"Death" of Estate Tax in 2010 creates Tax Trap for Spouses

My prior post was about the federal tax impact for single individuals who die in 2010 (unless Congress does as they have promised and create an estate tax retroactive to January 1, 2010 – we will have to wait and see if that happens and how it is constructed).

The news for single folks was not good. Mom dying with a $3.5 million estate in 2009 could leave it to son tax free. Mom dying with that same $3.5 million dollar estate, assuming the basis of her assets is $350,000, now creates a  federal capital gains tax of $277,500 for son (or $416,250 if he is in NJ).

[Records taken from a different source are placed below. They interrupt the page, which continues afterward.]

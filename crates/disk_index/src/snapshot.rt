// Parts as they were at some moment.
ghost use Rattle.std.specs.Prelude.{◌≡◌, ◌≤◌, Option, length, IsTrue, IfOk};
ghost use Rattle.ri_base.specs.Collection.{token_count};
ghost use Rattle.ri_base.specs.declared.limits.TheConstants.{MAX_HELD_TOKENS};
ghost use Rattle.store_ends.specs.Files.{Files};
ghost use Rattle.disk_index.specs.Snapshots.{IsSnapshot, live};
ghost use Rattle.disk_index.specs.declared.limits.TheConstants.{MAX_HELD_DOCS};

use crate::MarkedPart;
use crate::limits::MAX_HELD_DOCS;
use ri_base::NoMemory;
use ri_base::limits::MAX_HELD_TOKENS;
use std::alloc::Global;
use std::marker::Model;

/// Parts with their marks as they were at some moment, seen as the list of these. The documents of a snapshot are the live
/// ones of its parts, one part behind the other.
#[derive(Drop)]
pub struct Snapshot {
    parts: Vec<MarkedPart>,
}

impl Model for Snapshot {
    ghost use Rattle.std.specs.Prelude.{List};
    ghost use Rattle.disk_index.specs.Snapshots.{IsSnapshot, Marked};

    ghost Value = { List Marked };

    ghost view = { λ s. s.parts.items };

    ghost invariant = { λ s. IsSnapshot s.parts.items };
}

impl Snapshot {
    /// The parts as they are now. They are shared, and nothing of a document is copied.
    pub fn of(alloc: Global, parts: &[MarkedPart]) -> Result<Snapshot, NoMemory>
        requires { IsSnapshot parts.now }
        ensures { IfOk result (λ s. s ≡ parts.now) }
    {
        let mut shared = Vec::with_capacity(alloc, parts.len())?;
        for part in parts {
            shared.push(part.share(alloc)?)?;
        }
        Ok(Snapshot { parts: shared })
    }

    /// Its parts with their marks.
    pub fn parts(&self) -> &[MarkedPart]
        ensures parts { result.now ≡ self.now }
        ensures bounds { IsSnapshot self.now }
    {
        self.parts.as_slice()
    }

    /// How many documents it has.
    pub fn live_count(&self) -> u32
        ensures { (told : Option Files) → result ≡ length (live told self.now) }
    {
        let mut count = 0;
        for part in &self.parts {
            count += part.live_count();
        }
        count
    }

    /// How many tokens its documents have.
    pub fn token_count(&self) -> u64
        ensures exact { (told : Option Files) → result ≡ token_count (live told self.now) }
        ensures most { result ≤ MAX_HELD_TOKENS }
    {
        let mut count = 0;
        for part in &self.parts {
            count += part.token_count();
        }
        count
    }
}

/// Whether the parts are few and short enough for a snapshot.
pub fn fits_snapshot(parts: &[MarkedPart]) -> bool
    ensures yes { IsTrue result → IsSnapshot parts.now }
    ensures no { IsSnapshot parts.now → IsTrue result }
{
    let mut documents = 0u64;
    let mut tokens = 0u64;
    for part in parts {
        documents += u64::from(part.part().docs());
        tokens = tokens.saturating_add(part.held_tokens());
        if documents > u64::from(MAX_HELD_DOCS) || tokens > MAX_HELD_TOKENS {
            return false;
        }
    }
    true
}
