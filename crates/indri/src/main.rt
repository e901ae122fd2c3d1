//! The program: runs the command of its words over standard input, standard output and a folder.
#![tactic(auto)]

ghost use Rattle.std.specs.Prelude.{◌≡◌, IfOk};
ghost use Rattle.belief_nodes.specs.Priors.{no_prior};

#[cfg(test)]
mod failing;
#[cfg(test)]
mod gen_tests;
#[cfg(test)]
mod merge_tests;
#[cfg(test)]
mod session_tests;
#[cfg(test)]
mod store_tests;
#[cfg(test)]
mod tests;

use belief_nodes::{BeliefNode, TablePlug};
use command_words::{Words, read_words};
use desk::length_plug;
use indri_app::{Status, run};
use ri_base::{ArgList, NoMemory};
use ri_ends::{Sink, Source, StdSink, StdSource};
use std::alloc::{AllocError, Global};
use std::io::ErrorKind;
use std::process::ExitCode;
use std::{env, fs};
use store_ends::{FolderStore, Store};

/// The words behind the program's name. Where one isn't UTF-8 there are none, so that they are no command.
fn words_of(rt: &HostRuntime) -> Result<ArgList, NoMemory> {
    let mut words = ArgList::new(rt.alloc());
    match env::args(rt) {
        Ok(args) => {
            for word in args.skip(1) {
                words.push(&word)?;
            }
            Ok(words)
        }
        Err(error) if error.kind() == ErrorKind::OutOfMemory => Err(AllocError),
        Err(_) => Ok(words),
    }
}

/// A prior that can be stored. It has no rows before a repository is opened.
fn stored(alloc: Global) -> Result<Box<TablePlug>, NoMemory>
    ensures { IfOk result (λ plug. ⟦<TablePlug as BeliefNode>⟧.meaning plug.value ≡ no_prior) }
{
    let table = TablePlug::new(alloc)?;
    Ok(Box::new(alloc, table)?)
}

/// Runs the command of the words with the nine priors of the program, the last of which is that of lengths.
fn run_words<S: Source, K: Sink, T: Store>(
    alloc: Global,
    words: &ArgList,
    source: &mut S,
    sink: &mut K,
    store: &mut T,
) -> Result<Status, NoMemory> {
    let lengths = Box::new(alloc, length_plug(alloc)?)?;
    let mut plugs: [Box<dyn BeliefNode>; 9] = [
        stored(alloc)?,
        stored(alloc)?,
        stored(alloc)?,
        stored(alloc)?,
        stored(alloc)?,
        stored(alloc)?,
        stored(alloc)?,
        stored(alloc)?,
        lengths,
    ];
    Ok(run(alloc, words, source, sink, store, &mut plugs))
}

/// The folder that the words name, and the present one where there are none.
fn folder_of(words: &ArgList) -> &str {
    match words.get(0) {
        Some(folder) => folder,
        None => ".",
    }
}

/// Whether the words ask for a command that makes a collection.
fn makes_collection(alloc: Global, words: &ArgList) -> bool {
    match read_words(alloc, words) {
        Ok(Some(Words::Create | Words::Gen(_))) => true,
        Ok(_) | Err(_) => false,
    }
}

/// Makes the folder of such a command where it isn't there. Where that fails, the store tells of it.
fn make_folder(rt: &HostRuntime, words: &ArgList) {
    if makes_collection(rt.alloc(), words) {
        let _ = fs::create_dir(rt, folder_of(words));
    }
}

/// Runs the command of the program's words over standard input, standard output and the folder that they name.
fn run_main(rt: &HostRuntime) -> Result<Status, NoMemory> {
    let words = words_of(rt)?;
    let mut source = StdSource::new(rt.stdin());
    let mut sink = StdSink::new(rt.stdout());
    make_folder(rt, &words);
    let mut store = FolderStore::new(rt, folder_of(&words))?;
    run_words(rt.alloc(), &words, &mut source, &mut sink, &mut store)
}

fn main(rt: HostRuntime) -> ExitCode {
    let status = match run_main(&rt) {
        Ok(status) => status,
        Err(AllocError) => Status::Memory,
    };
    ExitCode::from(status.code())
}
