// The documents of a range of a part on disk, put together from its blocks.
ghost use Rattle.std.specs.Prelude.{◌≡◌, ◌≢◌, ◌≤◌, ◌<◌, ◌*◌, List, Some, Ok, Err, IfOk, IfErr, OnOk, length, map};
ghost use Rattle.ri_base.specs.Documents.{Document};
ghost use Rattle.ri_base.specs.Faults.{IsOutside, TellsDamage};
ghost use Rattle.ri_base.specs.Keeps.{Rose};
ghost use Rattle.store_ends.specs.Files.{Files, IsQuiet};
ghost use Rattle.seg_codec.specs.Held.{lengths_of};
ghost use Rattle.seg_codec.specs.Segment.{entry_of};
ghost use Rattle.disk_index.specs.Blocks.{of_range};
ghost use Rattle.disk_index.specs.Cache.{AllKept, IsCacheBacked};
ghost use Rattle.disk_index.specs.Faults.{IsUnput, block_fault};
ghost use Rattle.disk_index.specs.Ranks.{ranks_of};
ghost use Rattle.disk_index.specs.Reads.{IsBacked, IsIntact};
ghost use Rattle.disk_index.specs.Rebuild.{lengths, put_block, rows_of};
ghost use Rattle.disk_index.specs.Together.{AreAllRows, AreTogether, IsDocumentsFault, range_end};

use crate::rebuild::{Slots, documents_of, put_block, untold_rows};
use crate::{Block, BlockCache, DiskIndex};
use ri_base::{Doc, FileName, List, PartName, SegFault};
use std::alloc::Global;
use store_ends::Store;

/// What the blocks of a range tell of its documents, a row for each of these; and where the last block stands.
#[derive(Drop)]
struct Told {
    rows: Vec<Slots>,
    last: u64,
}

impl DiskIndex {
    /// The documents with the ids from `64 * range` on, 64 at most, each whole. Each block of the range is read once, and tells of
    /// each place the term.
    pub fn documents<T: Store>(
        &self,
        alloc: Global,
        store: &mut T,
        cache: &mut BlockCache,
        range: u32,
    ) -> Result<List<Doc>, SegFault>
        requires { 64 * range < length self.now.outlines }
        ensures exact { (docs : List Document) → IsBacked (T.files store.old) self.now docs → IsCacheBacked (T.files store.old) cache.old
            → IfOk result (λ ds. ds ≡ of_range range docs) }
        ensures honest { (docs : List Document) → IsBacked (T.files store.old) self.now docs → IsIntact (T.files store.old) self.now.number → IsCacheBacked (T.files store.old) cache.old
            → IfErr result IsOutside }

        // Without their tokens they are what is kept, whatever the file has.
        ensures kept { IfOk result (λ ds. map entry_of ds ≡ of_range range self.now.outlines) }

        // They are what the blocks of the range tell, so no malformed one is passed by.
        ensures told { IfOk result (AreTogether (T.files store.old) cache.old self.now range) }

        ensures fault { (f : Files) → T.files store.old ≡ Some f → IfErr result (IsDocumentsFault f cache.old self.now range) }
        ensures cache { AllKept cache.old cache.new }
        ensures undamaged { OnOk result (cache.new.damage ≡ cache.old.damage) }
        ensures damaged { IfErr result (TellsDamage cache.old.damage cache.new.damage) }
        ensures quiet { IsQuiet T.files T.layers T.clock T.since T.longest T.held store.old store.new }
        ensures later { T.faults store.old ≤ T.faults store.new }
        ensures store { result ≡ Err SegFault.Store → Rose (T.faults store.old) (T.faults store.new) }
        ensures none { result ≢ Err SegFault.Store → T.faults store.new ≡ T.faults store.old }
    {
        let told = self.told(alloc, store, cache, range)?;
        match documents_of(alloc, self.dictionary(), self.outlines(range), &told.rows)? {
            Some(docs) => Ok(docs),
            None => Err(cache.noted(self.malformed(told.last))),
        }
    }

    /// What the blocks of the range tell.
    fn told<T: Store>(
        &self,
        alloc: Global,
        store: &mut T,
        cache: &mut BlockCache,
        range: u32,
    ) -> Result<Told, SegFault>
        requires { 64 * range < length self.now.outlines }
        ensures exact { (docs : List Document) → IsBacked (T.files store.old) self.now docs → IsCacheBacked (T.files store.old) cache.old
            → IfOk result (λ t. t.rows.items ≡ rows_of self.now.dictionary (ranks_of range self.now.dictionary) (of_range range docs)) }
        ensures honest { (docs : List Document) → IsBacked (T.files store.old) self.now docs → IsIntact (T.files store.old) self.now.number → IsCacheBacked (T.files store.old) cache.old
            → IfErr result IsOutside }
        ensures shape { IfOk result (λ t. lengths t.rows.items ≡ lengths_of (of_range range self.now.outlines)) }
        ensures told { IfOk result (λ t. AreAllRows (T.files store.old) cache.old self.now range t.rows.items) }
        ensures last { IfOk result (λ t. t.last ≡ range_end self.now range) }
        ensures fault { (f : Files) → T.files store.old ≡ Some f → IfErr result (IsDocumentsFault f cache.old self.now range) }
        ensures cache { AllKept cache.old cache.new }
        ensures undamaged { OnOk result (cache.new.damage ≡ cache.old.damage) }
        ensures damaged { IfErr result (TellsDamage cache.old.damage cache.new.damage) }
        ensures quiet { IsQuiet T.files T.layers T.clock T.since T.longest T.held store.old store.new }
        ensures later { T.faults store.old ≤ T.faults store.new }
        ensures store { result ≡ Err SegFault.Store → Rose (T.faults store.old) (T.faults store.new) }
        ensures none { result ≢ Err SegFault.Store → T.faults store.new ≡ T.faults store.old }
    {
        let mut rows = untold_rows(alloc, self.outlines(range))?;
        let mut last = self.blocks_at();
        let ranks = self.ranks(range);
        for rank in ranks {
            let block = self.ranked_block(alloc, store, cache, *rank, range)?;
            last = self.ranked_begin(*rank, range);
            self.put(cache, &mut rows, &block, *rank, last)?;
        }
        Ok(Told { rows, last })
    }

    /// Tells the rank at the places of a block that begins there in the file.
    fn put(
        &self,
        cache: &mut BlockCache,
        rows: &mut Vec<Slots>,
        block: &Block,
        rank: u32,
        begin: u64,
    ) -> Result<(), SegFault>
        ensures ok { OnOk result (put_block begin rank block.now rows.old.items ≡ Ok rows.new.items) }
        ensures err { IfErr result (IsUnput self.now.number (put_block begin rank block.now rows.old.items)) }
        ensures kept { cache.new.kept ≡ cache.old.kept }
        ensures undamaged { OnOk result (cache.new.damage ≡ cache.old.damage) }
        ensures damaged { IfErr result (TellsDamage cache.old.damage cache.new.damage) }
    {
        match put_block(rows, block.entries(), rank, begin) {
            Ok(()) => Ok(()),
            Err(taken) => Err(cache.noted(self.malformed(taken.place))),
        }
    }

    /// The fault of a block of its file at this place.
    fn malformed(&self, place: u64) -> SegFault
        ensures { result ≡ block_fault self.now.number place }
    {
        SegFault::Malformed {
            file: FileName::Segment(self.number()),
            part: PartName::Block,
            place,
        }
    }
}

The news for married folks is worse. In 2009 mom could leave $100 million (or whatever amount) to dad with no taxes whatsoever – there is an unlimited marital deduction from estate taxes (so long as your spouse is a US citizen). In 2010 only $4,300,000 will pass tax free to the surviving spouse.

The "death" of the estate tax creates a capital gains "trap" - and the “trap" catches assets passing to a surviving spouse that were never subject to tax under the estate tax.

What??? you say. How is it possible that by eliminating the estate tax you are creating a tax for widows and widowers? As I noted, due to the magic of Internal Revenue Code Section 1014, capital gains taxes disappear at death under the 2009 law. Section 1014 creates a “step-up in basis” by stating that when an estate is subject to estate taxes, the cost basis of inherited assets is the date of death value.  For example, mom bought stock for $10, and when she dies it is worth $100.  Dad  inherits stock and sells for $100.  His capital gains is $0 ($100 of value - $100 of basis =0).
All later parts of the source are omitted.